◆ WHAT THE TASK REQUIRES
Copy every line from the material below that holds "impl".

◆ INPUT
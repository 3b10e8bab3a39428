//! Data value sets.

ghost use Rattle.std.specs.Prelude.{◌≡◌, IfOk, codes};
ghost use Rattle.json_read.specs.Views.{data_of};
ghost use Rattle.json_read.specs.Given as forms;
ghost use Rattle.import_forms.specs.Bodies.{body_of, Gives};
ghost use Rattle.import_forms.specs.Sets.{value_of, values_at, fields_of, set_of};

use crate::body::{BodyForm, read_body};
use crate::both::both;
use crate::text::{four_held_texts_in, held_text_in, held_written_in, text_at, truth_in};
use dh_base::items::Items;
use dh_base::memory::Memory;
use dh_changes::outcome::{BodyFault, ImportStrategy};
use dh_changes::text::Text;
use json::Value;
use json_read::fault::FormFault;
use json_read::form::{ReadJson, field_or, read_list, require_object};
use json_read::look::is_null;
use std::alloc::Global;

/// How a set is to be imported.
#[derive(Clone, Copy)]
pub struct SetParams {
    pub strategy: ImportStrategy,
    /// Whether the set is only judged.
    pub dry: bool,
}

/// A value of a set, as it stands in the body.
#[derive(Drop)]
pub struct SetValue {
    /// The data element.
    pub element: Option<Text>,
    /// The category option combination.
    pub combo: Option<Text>,
    /// The attribute option combination.
    pub attribute: Option<Text>,
    pub value: Option<Text>,
    pub period: Option<Text>,
    /// The organisation unit.
    pub unit: Option<Text>,
    pub deleted: bool,
}

/// The values of a set.
#[derive(Drop)]
pub struct SetValues {
    pub values: Items<SetValue>,
}

/// A data value set, as it stands in the body. A value's own texts go before those of the set.
pub struct ValueSet {
    pub params: SetParams,
    pub data_set: Option<Text>,
    pub complete_date: Option<Text>,
    pub period: Option<Text>,
    /// The organisation unit.
    pub unit: Option<Text>,
    /// The attribute option combination.
    pub attribute: Option<Text>,
    pub values: Items<SetValue>,
}

// By hand, so that it is proved here alone and not in each crate above.
impl Drop for ValueSet {
    fn drop(self) {
        let ValueSet {
            params: _,
            data_set: _,
            complete_date: _,
            period: _,
            unit: _,
            attribute: _,
            values: _,
        } = self;
    }
}

#[tactic(auto, unfolding(crate::specs::Sets::value_of))]
fn value_of(alloc: Global, value: &Value<'_>) -> Result<SetValue, Memory>
    ensures { IfOk result (λ found. found ≡ value_of (data_of value.now)) }
{
    let (key, (attribute, told)) = both(
        four_held_texts_in(
            alloc,
            value,
            "dataElement",
            "categoryOptionCombo",
            "period",
            "orgUnit",
        ),
        both(
            held_text_in(alloc, value, "attributeOptionCombo"),
            held_written_in(alloc, value, "value"),
        ),
    )?;
    let ((element, combo), (period, unit)) = key;
    Ok(SetValue {
        element,
        combo,
        attribute,
        value: told,
        period,
        unit,
        deleted: truth_in(value, "deleted").unwrap_or(false),
    })
}

impl ReadJson for SetValue {
    ghost use Rattle.import_forms.specs.Sets.{value_form};

    ghost form = { value_form };

    fn read(alloc: Global, value: &Value<'_>) -> Result<SetValue, FormFault> {
        require_object(alloc, value)?;
        match value_of(alloc, value) {
            Ok(found) => Ok(found),
            Err(_) => Err(FormFault::Memory),
        }
    }
}

impl ReadJson for SetValues {
    ghost use Rattle.import_forms.specs.Sets.{values_form};

    ghost form = { values_form };

    #[tactic(auto, unfolding(crate::specs::Sets::values_form))]
    fn read(alloc: Global, value: &Value<'_>) -> Result<SetValues, FormFault> {
        if is_null(value) {
            return Ok(SetValues {
                values: Items::new(alloc),
            });
        }
        let values: Items<SetValue> = read_list(alloc, value)?;
        Ok(SetValues { values })
    }
}

type Texts = (Option<Text>, Option<Text>);

// The texts of a set and its values, in their order.
fn fields_of(
    alloc: Global,
    value: &Value<'_>,
) -> Result<(Texts, (Option<Text>, (Texts, Items<SetValue>))), FormFault>
    ensures { forms.Gives (fields_of (data_of value.now)) result }
{
    both(
        both(
            text_at(alloc, value, "dataSet"),
            text_at(alloc, value, "completeDate"),
        ),
        both(
            text_at(alloc, value, "period"),
            both(
                both(
                    text_at(alloc, value, "orgUnit"),
                    text_at(alloc, value, "attributeOptionCombo"),
                ),
                read_values(alloc, value),
            ),
        ),
    )
}

impl BodyForm<ValueSet> for SetParams {
    ghost use Rattle.import_forms.specs.Sets.{set_of};

    ghost meant = { set_of };

    #[tactic(auto, unfolding(crate::specs::Sets::set_of))]
    fn form(&self, alloc: Global, value: &Value<'_>) -> Result<ValueSet, FormFault> {
        require_object(alloc, value)?;
        let ((data_set, complete_date), (period, place)) = fields_of(alloc, value)?;
        let ((unit, attribute), values) = place;
        Ok(ValueSet {
            params: *self,
            data_set,
            complete_date,
            period,
            unit,
            attribute,
            values,
        })
    }
}

/// The values of a bundle: those under `dataValues`, none where the key is absent or null. No other key is
/// looked at. A fault has its path from the bundle's top.
#[tactic(auto, unfolding(crate::specs::Sets::values_at))]
pub fn read_values(alloc: Global, bundle: &Value<'_>) -> Result<Items<SetValue>, FormFault>
    ensures { forms.Gives (values_at (codes "dataValues") (data_of bundle.now)) result }
{
    let none = SetValues {
        values: Items::new(alloc),
    };
    let found: SetValues = field_or(alloc, bundle, "dataValues", none)?;
    Ok(found.values)
}

/// The data value set of a body. A body that isn't JSON or no object is at fault with the empty path.
/// Of several faults the first counts, by the order `dataSet`, `completeDate`, `period`, `orgUnit`,
/// `attributeOptionCombo`, `dataValues`.
pub fn read_set(alloc: Global, body: &[u8], params: SetParams) -> Result<ValueSet, BodyFault>
    ensures { Gives (body_of (set_of params) body.now) result }
{
    read_body(alloc, body, &params)
}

◆ EXERCISE OUTPUT
impl Drop for ValueSet {
impl ReadJson for SetValue {
impl ReadJson for SetValues {
impl BodyForm<ValueSet> for SetParams {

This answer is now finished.